Barzon Giacomo, Artime Oriol, Suweis Samir, Domenico Manlio De
Padova Neuroscience Center, University of Padua, Padova 35131, Italy.
Complex Human Behaviour Lab, Fondazione Bruno Kessler, Povo 38123, Italy.
Proc Natl Acad Sci U S A. 2024 Jul 9;121(28):e2317608121. doi: 10.1073/pnas.2317608121. Epub 2024 Jul 5.

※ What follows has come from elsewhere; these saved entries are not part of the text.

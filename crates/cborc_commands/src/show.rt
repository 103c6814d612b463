//! The subcommand `show`: the diagnostic text of an item.

ghost use Rattle.std.specs.Prelude.{◌≡◌, ◌≢◌, OnOk, IfErr};
ghost use Rattle.std.specs.Io.KnownBytes.{Appends};
ghost use Rattle.cborc_commands.specs.Show.{IsShownOf, IsNotShown};
ghost use Rattle.cborc_files.specs.Folder.{KeepsFiles};

use crate::check::size_of_item;
use crate::fault::Fault;
use crate::first_item::Scratch;
use crate::input::{Judge, read_item};
use cborc_files::Folder;
use cborc_words::{Accepted, Options, TextStyle};
use std::alloc::Global;
use std::io::Write;

/// Writes the diagnostic text of the item in the file `source` to `out`, and a line feed.
pub fn show<'a, F: Folder, O: Write>(
    alloc: Global,
    files: &mut F,
    out: &mut O,
    source: &'a str,
    text_style: TextStyle,
    options: Options,
) -> Result<(), Fault<'a>>
    ensures shown { OnOk result (IsShownOf text_style options source.now
        (F.held files.old) (Appends (O.contents out.old) (O.contents out.new))) }
    ensures fault { IfErr result (IsNotShown text_style options source.now
        (F.held files.old) (O.contents out.old) (O.contents out.new)) }
    ensures silent { IfErr result (λ fault. fault ≢ Fault.CannotPrint → out.new ≡ out.old) }
    ensures keeps { KeepsFiles (F.held files.old) (F.held files.new) }
    ensures same { F.forwards_to files.new ≡ F.forwards_to files.old }
{
    let limits = options.limits;
    let bytes = read_item(alloc, files, source, Judge::Item(Accepted::Valid), options)?;
    let prefix = bytes.as_slice();
    let mut scratch = Scratch::new(alloc);
    size_of_item(&mut scratch, prefix, Accepted::Valid, limits)?;
    scratch.print_prefix(prefix, limits, text_style, out)
}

Complex systems are characterized by emergent patterns created by the nontrivial interplay between dynamical processes and the networks of interactions on which these processes unfold. Topological or dynamical descriptors alone are not enough to fully embrace this interplay in all its complexity, and many times one has to resort to dynamics-specific approaches that limit a comprehension of general principles. To address this challenge, we employ a metric-that we name Jacobian distance-which captures the spatiotemporal spreading of perturbations, enabling us to uncover the latent geometry inherent in network-driven processes. We compute the Jacobian distance for a broad set of nonlinear dynamical models on synthetic and real-world networks of high interest for applications from biological to ecological and social contexts. We show, analytically and computationally, that the process-driven latent geometry of a complex network is sensitive to both the specific features of the dynamics and the topological properties of the network. This translates into potential mismatches between the functional and the topological mesoscale organization, which we explain by means of the spectrum of the Jacobian matrix. Finally, we demonstrate that the Jacobian distance offers a clear advantage with respect to traditional methods when studying human brain networks. In particular, we show that it outperforms classical network communication models in explaining functional communities from structural data, therefore highlighting its potential in linking structure and function in the brain.
复杂系统的特征在于,由动态过程与这些过程所展开的相互作用网络之间的非平凡相互作用所产生的涌现模式。仅靠拓扑或动态描述符不足以完全涵盖这种相互作用的所有复杂性,而且很多时候人们不得不诉诸特定于动力学的方法,这限制了对一般原理的理解。为应对这一挑战,我们采用了一种度量——我们称之为雅可比距离——它捕捉扰动的时空传播,使我们能够揭示网络驱动过程中固有的潜在几何结构。我们针对从生物到生态和社会背景等应用中高度关注的合成网络和真实世界网络上的广泛非线性动力学模型计算雅可比距离。我们通过分析和计算表明,复杂网络的过程驱动潜在几何结构对动力学的特定特征和网络的拓扑属性都很敏感。这转化为功能和拓扑中尺度组织之间可能存在的不匹配,我们通过雅可比矩阵的谱来解释这一点。最后,我们证明,在研究人类大脑网络时,雅可比距离相对于传统方法具有明显优势。特别是,我们表明它在从结构数据解释功能群落方面优于经典网络通信模型,因此突出了其在连接大脑结构和功能方面的潜力。